(Beginning of Exercise inputs)

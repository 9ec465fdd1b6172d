//! Surveys with a Judge that holds its answers, and the text of a small one.
ghost use Rattle.std.specs.Prelude.{◌≡◌, ℕ, ◌-◌, slice_get, Some};

use crate::{Counts, Judge, Judged, survey, write_survey};
use outside_io::SinkNoMemory;
use std::test::Fail;

/// Holds the answers of four seeds from `first` on. A seed past them has none, and is refused.
#[derive(Drop)]
struct Listed {
    first: u64,
    answers: [Judged; 4],
}

impl Judge for Listed {
    ghost allows = { λ judge seed judged. slice_get judge.answers (seed - judge.first) ≡ Some judged };

    fn judge(&mut self, seed: u64) -> Result<Judged, SinkNoMemory> {
        match self.answers.get(seed.saturating_sub(self.first) as usize) {
            Some(judged) => Ok(*judged),
            None => Err(SinkNoMemory),
        }
    }
}

const LISTED: Listed = Listed {
    first: 41,
    answers: [
        Judged::Winnable,
        Judged::Undecided,
        Judged::Unwinnable,
        Judged::Winnable,
    ],
};

#[test]
fn each_seed_has_its_answer_and_counts(rt: HostRuntime) -> Result<(), Fail> {
    let mut judge = LISTED;
    let mut answers = Vec::new(rt.alloc());
    answers.push(Judged::Undecided)?;
    let counts = survey(&mut judge, 42, 3, &mut answers)?;
    assert!(rt;
        counts
            == Counts {
                winnable: 1,
                unwinnable: 1,
                undecided: 1
            }
    );
    let listed = [
        Judged::Undecided,
        Judged::Undecided,
        Judged::Unwinnable,
        Judged::Winnable,
    ];
    assert!(rt; answers.as_slice() == listed.as_slice());
    Ok(())
}

#[test]
fn a_refusal_leaves_the_answers_as_they_were(rt: HostRuntime) -> Result<(), Fail> {
    let mut judge = LISTED;
    let mut answers = Vec::new(rt.alloc());
    answers.push(Judged::Winnable)?;
    assert!(rt; survey(&mut judge, 42, 4, &mut answers) == Err(SinkNoMemory));
    assert!(rt; answers.as_slice() == [Judged::Winnable].as_slice());
    Ok(())
}

#[test]
fn a_survey_has_its_text(rt: HostRuntime) -> Result<(), Fail> {
    let answers = [Judged::Undecided, Judged::Winnable, Judged::Unwinnable];
    let counts = Counts {
        winnable: 1,
        unwinnable: 1,
        undecided: 1,
    };
    let text = write_survey(rt.alloc(), u64::MAX - 2, &counts, answers.as_slice())?;
    assert!(rt;
        text.as_slice()
            == b"survey\nseeds 3\nwinnable 1\nunwinnable 1\nundecided 1\n\
        18446744073709551613 undecided\n18446744073709551614 winnable\n18446744073709551615 unwinnable\n"
                .as_slice()
    );
    Ok(())
}
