//! How many answers there are of each kind.
ghost use Rattle.std.specs.Prelude.{◌≡◌, ◌+◌, length};
ghost use Rattle.deal_survey.specs.Counting.{counts_of};

use crate::Judged;

/// How many answers there are of each kind.
#[derive(Clone, Copy, Debug, PartialEq, Eq)]
pub struct Counts {
    pub winnable: u64,
    pub unwinnable: u64,
    pub undecided: u64,
}

/// How many of the answers are of each kind.
pub(crate) fn count(answers: &[Judged]) -> Counts
    ensures counted { result ≡ counts_of answers.now }
    ensures sum { result.winnable + result.unwinnable + result.undecided ≡ length answers.now }
{
    let mut counts = Counts {
        winnable: 0,
        unwinnable: 0,
        undecided: 0,
    };
    for judged in answers {
        match judged {
            Judged::Winnable => counts.winnable += 1,
            Judged::Unwinnable => counts.unwinnable += 1,
            Judged::Undecided => counts.undecided += 1,
        }
    }
    counts
}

(End of Exercise inputs)

[What needs to be done]
Please retype the listing word for word, from its first line through the line containing "match self.answers.get(seed.saturating_sub(self.first) as", and add nothing else.

[Response to the exercise]
repository 9ec465fdd1b6172d
//! Surveys with a Judge that holds its answers, and the text of a small one.
ghost use Rattle.std.specs.Prelude.{◌≡◌, ℕ, ◌-◌, slice_get, Some};

use crate::{Counts, Judge, Judged, survey, write_survey};
use outside_io::SinkNoMemory;
use std::test::Fail;

/// Holds the answers of four seeds from `first` on. A seed past them has none, and is refused.
#[derive(Drop)]
struct Listed {
    first: u64,
    answers: [Judged; 4],
}

impl Judge for Listed {
    ghost allows = { λ judge seed judged. slice_get judge.answers (seed - judge.first) ≡ Some judged };

    fn judge(&mut self, seed: u64) -> Result<Judged, SinkNoMemory> {
        match self.answers.get(seed.saturating_sub(self.first) as usize) {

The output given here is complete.